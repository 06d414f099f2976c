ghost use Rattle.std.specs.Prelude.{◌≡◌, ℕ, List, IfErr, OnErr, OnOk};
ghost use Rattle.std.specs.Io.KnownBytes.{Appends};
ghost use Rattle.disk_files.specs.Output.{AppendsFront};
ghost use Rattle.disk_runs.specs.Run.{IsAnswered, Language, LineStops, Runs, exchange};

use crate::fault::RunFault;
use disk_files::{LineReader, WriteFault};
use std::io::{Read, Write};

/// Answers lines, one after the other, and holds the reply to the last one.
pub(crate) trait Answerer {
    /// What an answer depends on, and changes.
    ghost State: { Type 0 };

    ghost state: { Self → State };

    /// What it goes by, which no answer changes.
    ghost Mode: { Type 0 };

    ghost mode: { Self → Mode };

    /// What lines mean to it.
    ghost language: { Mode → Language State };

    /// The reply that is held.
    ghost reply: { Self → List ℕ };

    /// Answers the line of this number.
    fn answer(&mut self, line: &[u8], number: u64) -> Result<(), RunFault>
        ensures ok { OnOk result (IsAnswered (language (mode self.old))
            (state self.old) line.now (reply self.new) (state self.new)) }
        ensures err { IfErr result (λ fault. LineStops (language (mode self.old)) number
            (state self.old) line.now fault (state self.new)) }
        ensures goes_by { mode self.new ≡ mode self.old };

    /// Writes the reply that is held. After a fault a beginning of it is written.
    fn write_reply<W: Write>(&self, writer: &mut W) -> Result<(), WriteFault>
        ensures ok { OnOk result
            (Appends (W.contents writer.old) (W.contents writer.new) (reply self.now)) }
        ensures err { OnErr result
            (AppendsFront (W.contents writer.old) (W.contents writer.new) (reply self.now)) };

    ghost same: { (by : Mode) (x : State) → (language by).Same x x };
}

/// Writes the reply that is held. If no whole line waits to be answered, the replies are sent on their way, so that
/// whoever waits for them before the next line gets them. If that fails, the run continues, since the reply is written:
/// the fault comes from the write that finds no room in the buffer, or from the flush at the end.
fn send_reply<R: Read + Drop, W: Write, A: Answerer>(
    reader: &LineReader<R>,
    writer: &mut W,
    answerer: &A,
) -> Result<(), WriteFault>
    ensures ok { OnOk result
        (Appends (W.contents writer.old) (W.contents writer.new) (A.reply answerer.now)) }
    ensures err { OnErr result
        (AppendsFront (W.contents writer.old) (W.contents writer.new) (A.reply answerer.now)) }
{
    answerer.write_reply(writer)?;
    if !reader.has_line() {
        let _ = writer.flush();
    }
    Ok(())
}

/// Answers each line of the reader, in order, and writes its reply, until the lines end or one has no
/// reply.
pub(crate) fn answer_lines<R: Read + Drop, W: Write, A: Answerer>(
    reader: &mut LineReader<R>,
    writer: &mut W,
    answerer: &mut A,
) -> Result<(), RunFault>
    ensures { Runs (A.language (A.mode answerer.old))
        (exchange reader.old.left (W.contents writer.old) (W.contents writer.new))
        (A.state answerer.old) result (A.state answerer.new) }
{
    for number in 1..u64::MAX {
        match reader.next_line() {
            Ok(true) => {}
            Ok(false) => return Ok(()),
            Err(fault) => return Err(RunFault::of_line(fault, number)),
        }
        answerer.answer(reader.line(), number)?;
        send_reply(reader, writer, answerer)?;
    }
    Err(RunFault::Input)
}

....................

### [Instructions for the task]
Up to and including the line that contains "(mode self.old)) number", output the records above exactly, beginning with their first line.

### [Written response]
repository 06d414f099f2976c
ghost use Rattle.std.specs.Prelude.{◌≡◌, ℕ, List, IfErr, OnErr, OnOk};
ghost use Rattle.std.specs.Io.KnownBytes.{Appends};
ghost use Rattle.disk_files.specs.Output.{AppendsFront};
ghost use Rattle.disk_runs.specs.Run.{IsAnswered, Language, LineStops, Runs, exchange};

use crate::fault::RunFault;
use disk_files::{LineReader, WriteFault};
use std::io::{Read, Write};

/// Answers lines, one after the other, and holds the reply to the last one.
pub(crate) trait Answerer {
    /// What an answer depends on, and changes.
    ghost State: { Type 0 };

    ghost state: { Self → State };

    /// What it goes by, which no answer changes.
    ghost Mode: { Type 0 };

    ghost mode: { Self → Mode };

    /// What lines mean to it.
    ghost language: { Mode → Language State };

    /// The reply that is held.
    ghost reply: { Self → List ℕ };

    /// Answers the line of this number.
    fn answer(&mut self, line: &[u8], number: u64) -> Result<(), RunFault>
        ensures ok { OnOk result (IsAnswered (language (mode self.old))
            (state self.old) line.now (reply self.new) (state self.new)) }
        ensures err { IfErr result (λ fault. LineStops (language (mode self.old)) number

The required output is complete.